Stepped-up production of fragments of acetylcholine receptors, the microscopic "landing pads" on muscle fibers that normally help process signals from the nervous system, may provoke the immune system and worsen myasthenia gravis (MG), new research shows.
In mice with an MG-like disease, these receptor fragments (which are proteins) are abundant but nonfunctional, and they end up in the wrong place in muscle fibers.
Matthew Meriggioli, who has MDA support to study new ways to regulate the immune system in MG, coordinated the study team (this study was conducted before his MDA grant took effect).
In most cases of MG, which is part of a large class of diseases known as "autoimmune," or "self-immune," disorders, the immune system mistakenly attacks the acetylcholine receptors (AChRs), destroying them faster than the body can replace them.
The result is that the nervous-system chemical acetylcholine, which normally lands on these receptors as the first step in transmitting nerve signals, often fails to do so. Signal failure causes fluctuating weakness in patients.
Current treatments for MG include suppression of the immune system, direct removal of immune-system proteins called antibodies, and enhancing the transmission of acetylcholine signaling with a medication that slows acetylcholine breakdown. These treatments can usually control the disease, but they often have unwanted side effects and don't always work as well as desired.
About the new findings
Investigators at the University of Illinois-Chicago have found that, in mice with a disease closely mimicking human autoimmune MG, nonfunctional, mislocated pieces of AChR produced in an effort to compensate for AChR loss, appear to stir up the immune system and may sustain the disease process. The results are published in the August 2009 issue of Muscle & Nerve.
MG occurs when the immune system destroys acetylcholine receptors (AChRs) on muscle cells (fibers), using antibodies as weapons. Treatments include immune-system suppression; siphoning off antibodies; and blocking the enzyme acetylcholinesterase (AChE), which normally breaks down acetylcholine (ACh) after it moves from nerve to muscle fibers.
New research suggests abnormally placed fragments of AChRs could be the result of the body's attempt to compensate for the loss of AChRs but could actually make the disease worse.
Previous studies in human MG patients have noted the presence of similar nonfunctional protein pieces of AChR, although their role in the maintenance of the disease has been unclear.
The investigators cite evidence from other autoimmune diseases that shows changes in the structure, location or level of a protein can alter the way the immune system responds to it.
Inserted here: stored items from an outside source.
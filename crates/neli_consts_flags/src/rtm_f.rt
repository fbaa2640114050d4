//! The flags of a route.

ghost use Rattle.neli_consts_flags.specs.RtmF.{rtm_f_names};

use crate::{FlagSet, Kind, Of};
use bitflags::Flag;

/// How a route is announced, looked up and kept: `RTM_F_*` of `linux/rtnetlink.h`.
pub type RtmF = FlagSet<u32, 6>;

impl RtmF {
    /// Changes of the route are to be announced.
    pub const NOTIFY: RtmF = FlagSet(0x100);

    /// It was made from another route.
    pub const CLONED: RtmF = FlagSet(0x200);

    /// Packets are spread over its next hops.
    pub const EQUALIZE: RtmF = FlagSet(0x400);

    /// The entry is of a prefix, not of a single address.
    pub const PREFIX: RtmF = FlagSet(0x800);

    /// The answer names the table where the route was found (`RTM_F_LOOKUP_TABLE`).
    pub const LOOKUPTABLE: RtmF = FlagSet(0x1000);

    /// The answer is the entry that was found (`RTM_F_FIB_MATCH`).
    pub const FIBMATCH: RtmF = FlagSet(0x2000);
}

impl Kind<u32, 6> for Of<6> {
    ghost names = { rtm_f_names };

    fn name<'a>() -> &'a str {
        "RtmF"
    }

    fn flags<'a>() -> &'a [Flag<RtmF>] {
        flag_list!(RtmF: NOTIFY, CLONED, EQUALIZE, PREFIX, LOOKUPTABLE, FIBMATCH)
    }
}
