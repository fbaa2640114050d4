//! The flags of a routing rule.

ghost use Rattle.neli_consts_flags.specs.Frf.{frf_names};

use crate::{FlagSet, Kind, Of};
use bitflags::Flag;

/// Properties of a routing rule: `FIB_RULE_*` of `linux/fib_rules.h`.
pub type Frf = FlagSet<u32, 1>;

impl Frf {
    /// It can't be deleted.
    pub const PERMANENT: Frf = FlagSet(1);

    /// It holds for the packets that don't fit it.
    pub const INVERT: Frf = FlagSet(2);

    /// The target rule does not exist.
    pub const UNRESOLVED: Frf = FlagSet(4);

    /// The input link does not exist.
    pub const IIF_DETACHED: Frf = FlagSet(8);

    /// An older name of [`Frf::IIF_DETACHED`].
    pub const DEV_DETACHED: Frf = FlagSet(8);

    /// The output link does not exist.
    pub const OIF_DETACHED: Frf = FlagSet(0x10);

    /// The source address is still to be found.
    pub const FIND_SADDR: Frf = FlagSet(0x10000);
}

impl Kind<u32, 1> for Of<1> {
    ghost names = { frf_names };

    fn name<'a>() -> &'a str {
        "Frf"
    }

    fn flags<'a>() -> &'a [Flag<Frf>] {
        flag_list!(Frf:
            PERMANENT, INVERT, UNRESOLVED, IIF_DETACHED, DEV_DETACHED, OIF_DETACHED, FIND_SADDR
        )
    }
}
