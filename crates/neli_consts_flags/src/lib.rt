//! The flags of the fields in routing bodies, by name.
//!
//! Each set is a number whose bits have names; the names are constants of the type. Some names
//! share their bits, and one may have none or several. The sets are instances of one type,
//! [`FlagSet`], so their calls are written and proved once.
//!
//! The calls of a set are those of `bitflags::Flags`. `|`, `&`, `-` and `^` are the union, the
//! intersection, the difference and the symmetric difference, and `!` gives the named bits that are
//! not in the set. `From` of a number keeps only the named bits. By [`neli_wire::Constant`] a set
//! is written as its number, and read with all of its bits, also those without a name.
//!
//! The kernel's header and the prefix of its names stand with each set; a constant is spelled like
//! the rest of the kernel's name.
//!
//! - `iff`: links
//! - `ifa_f`: addresses
//! - `rtm_f`: routes
//! - `nud`, `ntf`: neighbours
//! - `vlan_flags`: virtual LANs
//! - `frf`: routing rules
#![tactic(auto)]

// The named flags of a set, as `Kind::flags` lists them.
macro_rules! flag_list {
    ($set:ident: $($name:ident),*) => {
        &[$(Flag { name: stringify!($name), value: $set::$name },)*]
    };
}

mod frf;
mod ifa_f;
mod iff;
pub mod laws;
mod ntf;
mod nud;
mod rtm_f;
mod set;
mod vlan_flags;

pub use frf::Frf;
pub use ifa_f::IfaF;
pub use iff::Iff;
pub use ntf::Ntf;
pub use nud::Nud;
pub use rtm_f::RtmF;
pub use set::{FlagSet, Kind, Of};
pub use vlan_flags::VlanFlags;
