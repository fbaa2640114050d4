//! The flags of a link.

ghost use Rattle.neli_consts_flags.specs.Iff.{iff_names};

use crate::{FlagSet, Kind, Of};
use bitflags::Flag;

/// The state and the properties of a link: `IFF_*` of `linux/if.h`.
pub type Iff = FlagSet<u32, 3>;

impl Iff {
    /// The link is switched on.
    pub const UP: Iff = FlagSet(1);

    /// It has a broadcast address.
    pub const BROADCAST: Iff = FlagSet(2);

    /// Its driver prints more.
    pub const DEBUG: Iff = FlagSet(4);

    /// It leads back to this host.
    pub const LOOPBACK: Iff = FlagSet(8);

    /// It has one other end.
    pub const POINTOPOINT: Iff = FlagSet(0x10);

    /// No trailers are sent.
    pub const NOTRAILERS: Iff = FlagSet(0x20);

    /// The link is switched on and can carry packets.
    pub const RUNNING: Iff = FlagSet(0x40);

    /// Addresses are not resolved on it.
    pub const NOARP: Iff = FlagSet(0x80);

    /// It takes all packets, whatever their destination.
    pub const PROMISC: Iff = FlagSet(0x100);

    /// It takes all multicast packets.
    pub const ALLMULTI: Iff = FlagSet(0x200);

    /// It stands for a group of links that share the load.
    pub const MASTER: Iff = FlagSet(0x400);

    /// It is one of such a group.
    pub const SLAVE: Iff = FlagSet(0x800);

    /// It can carry multicast packets.
    pub const MULTICAST: Iff = FlagSet(0x1000);

    /// Its medium can be chosen.
    pub const PORTSEL: Iff = FlagSet(0x2000);

    /// Its medium is chosen by itself.
    pub const AUTOMEDIA: Iff = FlagSet(0x4000);

    /// It loses its addresses when it goes down.
    pub const DYNAMIC: Iff = FlagSet(0x8000);

    /// The driver reports that the layer below is up (`IFF_LOWER_UP`).
    pub const LOWERUP: Iff = FlagSet(0x10000);

    /// It waits for an event before it can be used.
    pub const DORMANT: Iff = FlagSet(0x20000);

    /// It echoes the packets that it sent.
    pub const ECHO: Iff = FlagSet(0x40000);
}

impl Kind<u32, 3> for Of<3> {
    ghost names = { iff_names };

    fn name<'a>() -> &'a str {
        "Iff"
    }

    fn flags<'a>() -> &'a [Flag<Iff>] {
        flag_list!(Iff:
            UP, BROADCAST, DEBUG, LOOPBACK, POINTOPOINT, NOTRAILERS, RUNNING, NOARP, PROMISC,
            ALLMULTI, MASTER, SLAVE, MULTICAST, PORTSEL, AUTOMEDIA, DYNAMIC, LOWERUP, DORMANT, ECHO
        )
    }
}
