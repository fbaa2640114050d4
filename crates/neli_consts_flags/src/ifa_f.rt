//! The flags of an address.

ghost use Rattle.neli_consts_flags.specs.IfaF.{ifa_f_names};

use crate::{FlagSet, Kind, Of};
use bitflags::Flag;

/// The purpose and the state of a link's address: `IFA_F_*` of `linux/if_addr.h`, those of one
/// byte.
pub type IfaF = FlagSet<u8, 2>;

impl IfaF {
    /// Not the first address of its network on the link.
    pub const SECONDARY: IfaF = FlagSet(1);

    /// The same bit, with its meaning in version 6: a temporary address.
    pub const TEMPORARY: IfaF = FlagSet(1);

    /// It is not tested for duplicates.
    pub const NODAD: IfaF = FlagSet(2);

    /// It may be used while it is tested.
    pub const OPTIMISTIC: IfaF = FlagSet(4);

    /// Another host has it too.
    pub const DADFAILED: IfaF = FlagSet(8);

    /// The home address of a mobile host.
    pub const HOMEADDRESS: IfaF = FlagSet(0x10);

    /// Its preferred time is over.
    pub const DEPRECATED: IfaF = FlagSet(0x20);

    /// It is still being tested.
    pub const TENTATIVE: IfaF = FlagSet(0x40);

    /// It does not expire.
    pub const PERMANENT: IfaF = FlagSet(0x80);
}

impl Kind<u8, 2> for Of<2> {
    ghost names = { ifa_f_names };

    fn name<'a>() -> &'a str {
        "IfaF"
    }

    fn flags<'a>() -> &'a [Flag<IfaF>] {
        flag_list!(IfaF:
            SECONDARY, TEMPORARY, NODAD, OPTIMISTIC, DADFAILED, HOMEADDRESS, DEPRECATED, TENTATIVE,
            PERMANENT
        )
    }
}
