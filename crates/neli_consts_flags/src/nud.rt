//! The states of a neighbour.

ghost use Rattle.neli_consts_flags.specs.Nud.{nud_names};

use crate::{FlagSet, Kind, Of};
use bitflags::Flag;

/// States of a neighbour, each a bit of its own so that a request can name a set of them: `NUD_*`
/// of `linux/neighbour.h`.
pub type Nud = FlagSet<u16, 5>;

impl Nud {
    /// No state yet; the set without a bit.
    pub const NONE: Nud = FlagSet(0);

    /// Its link address is being resolved.
    pub const INCOMPLETE: Nud = FlagSet(1);

    /// It answered recently.
    pub const REACHABLE: Nud = FlagSet(2);

    /// Its link address is known, but too old to be trusted.
    pub const STALE: Nud = FlagSet(4);

    /// A packet went to a stale neighbour, and an answer is awaited.
    pub const DELAY: Nud = FlagSet(8);

    /// It is being probed again.
    pub const PROBE: Nud = FlagSet(0x10);

    /// It did not answer.
    pub const FAILED: Nud = FlagSet(0x20);

    /// It needs no resolution.
    pub const NOARP: Nud = FlagSet(0x40);

    /// It was set by hand and stays.
    pub const PERMANENT: Nud = FlagSet(0x80);
}

impl Kind<u16, 5> for Of<5> {
    ghost names = { nud_names };

    fn name<'a>() -> &'a str {
        "Nud"
    }

    fn flags<'a>() -> &'a [Flag<Nud>] {
        flag_list!(Nud: NONE, INCOMPLETE, REACHABLE, STALE, DELAY, PROBE, FAILED, NOARP, PERMANENT)
    }
}
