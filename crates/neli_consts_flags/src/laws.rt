//! Laws over the definitions alone. The functions do nothing: their contracts are the laws.

ghost use Rattle.neli_wire.specs.Constants.{IsEquality};

use crate::{Frf, IfaF, Iff, Ntf, Nud, RtmF, VlanFlags};

/// `==` is true exactly where the two sets have the same bits.
pub fn equality()
    ensures iff { IsEquality ⟦<Iff as PartialEq>⟧.eq }
    ensures ifa_f { IsEquality ⟦<IfaF as PartialEq>⟧.eq }
    ensures rtm_f { IsEquality ⟦<RtmF as PartialEq>⟧.eq }
    ensures nud { IsEquality ⟦<Nud as PartialEq>⟧.eq }
    ensures ntf { IsEquality ⟦<Ntf as PartialEq>⟧.eq }
    ensures vlan_flags { IsEquality ⟦<VlanFlags as PartialEq>⟧.eq }
    ensures frf { IsEquality ⟦<Frf as PartialEq>⟧.eq }
{}
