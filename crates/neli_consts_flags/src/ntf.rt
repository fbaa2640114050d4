//! The flags of a neighbour.

ghost use Rattle.neli_consts_flags.specs.Ntf.{ntf_names};

use crate::{FlagSet, Kind, Of};
use bitflags::Flag;

/// Properties of a neighbour: `NTF_*` of `linux/neighbour.h`.
pub type Ntf = FlagSet<u8, 4>;

impl Ntf {
    /// It is in use.
    pub const USE: Ntf = FlagSet(1);

    /// The entry is the link's own.
    pub const SELF: Ntf = FlagSet(2);

    /// The entry is that of the link's master.
    pub const MASTER: Ntf = FlagSet(4);

    /// This host answers for it.
    pub const PROXY: Ntf = FlagSet(8);

    /// Learned outside the kernel, which keeps the entry.
    pub const EXT_LEARNED: Ntf = FlagSet(0x10);

    /// The hardware has the entry too.
    pub const OFFLOADED: Ntf = FlagSet(0x20);

    /// The neighbour is a router.
    pub const ROUTER: Ntf = FlagSet(0x80);
}

impl Kind<u8, 4> for Of<4> {
    ghost names = { ntf_names };

    fn name<'a>() -> &'a str {
        "Ntf"
    }

    fn flags<'a>() -> &'a [Flag<Ntf>] {
        flag_list!(Ntf: USE, SELF, MASTER, PROXY, EXT_LEARNED, OFFLOADED, ROUTER)
    }
}
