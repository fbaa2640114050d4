//! The flags of a virtual LAN.

ghost use Rattle.neli_consts_flags.specs.VlanFlags.{vlan_flags_names};

use crate::{FlagSet, Kind, Of};
use bitflags::Flag;

/// Properties of a virtual LAN: `VLAN_FLAG_*` of `linux/if_vlan.h`. One byte, while the kernel's
/// own structure has four.
pub type VlanFlags = FlagSet<u8, 7>;

impl VlanFlags {
    /// Incoming frames lose their tag.
    pub const REORDER_HDR: VlanFlags = FlagSet(1);

    /// The network is announced by GVRP.
    pub const GVRP: VlanFlags = FlagSet(2);

    /// Its state does not follow that of the link below.
    pub const LOOSE_BINDING: VlanFlags = FlagSet(4);

    /// The network is announced by MVRP.
    pub const MVRP: VlanFlags = FlagSet(8);

    /// Its state follows that of the bridge's ports that belong to it.
    pub const BRIDGE_BINDING: VlanFlags = FlagSet(0x10);
}

impl Kind<u8, 7> for Of<7> {
    ghost names = { vlan_flags_names };

    fn name<'a>() -> &'a str {
        "VlanFlags"
    }

    fn flags<'a>() -> &'a [Flag<VlanFlags>] {
        flag_list!(VlanFlags: REORDER_HDR, GVRP, LOOSE_BINDING, MVRP, BRIDGE_BINDING)
    }
}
In the MG mice, the new AChR pieces were not integrated into receptors (as they normally would be) and may therefore have appeared “misshapen” to the immune system. They were not able to provide landing pads for acetylcholine.
In addition, they were in some instances located extensively along the muscle-fiber membrane, not just at the correct place, which is where nerve and muscle fibers communicate, the so-called neuromuscular junction. That could be another red flag for the immune system.
MG mice with the most severe disease had the highest muscle-tissue levels of these AChR pieces. In the severely affected mice, proteins of the immune system were seen in similar locations as the receptor pieces, suggesting the pieces had become immunologic targets.
Reducing production of AChR pieces could become therapeutic option
Preventing or reducing production of the new AChR pieces, if their role in the disease process is confirmed in humans, could become a new goal for therapeutic development in MG.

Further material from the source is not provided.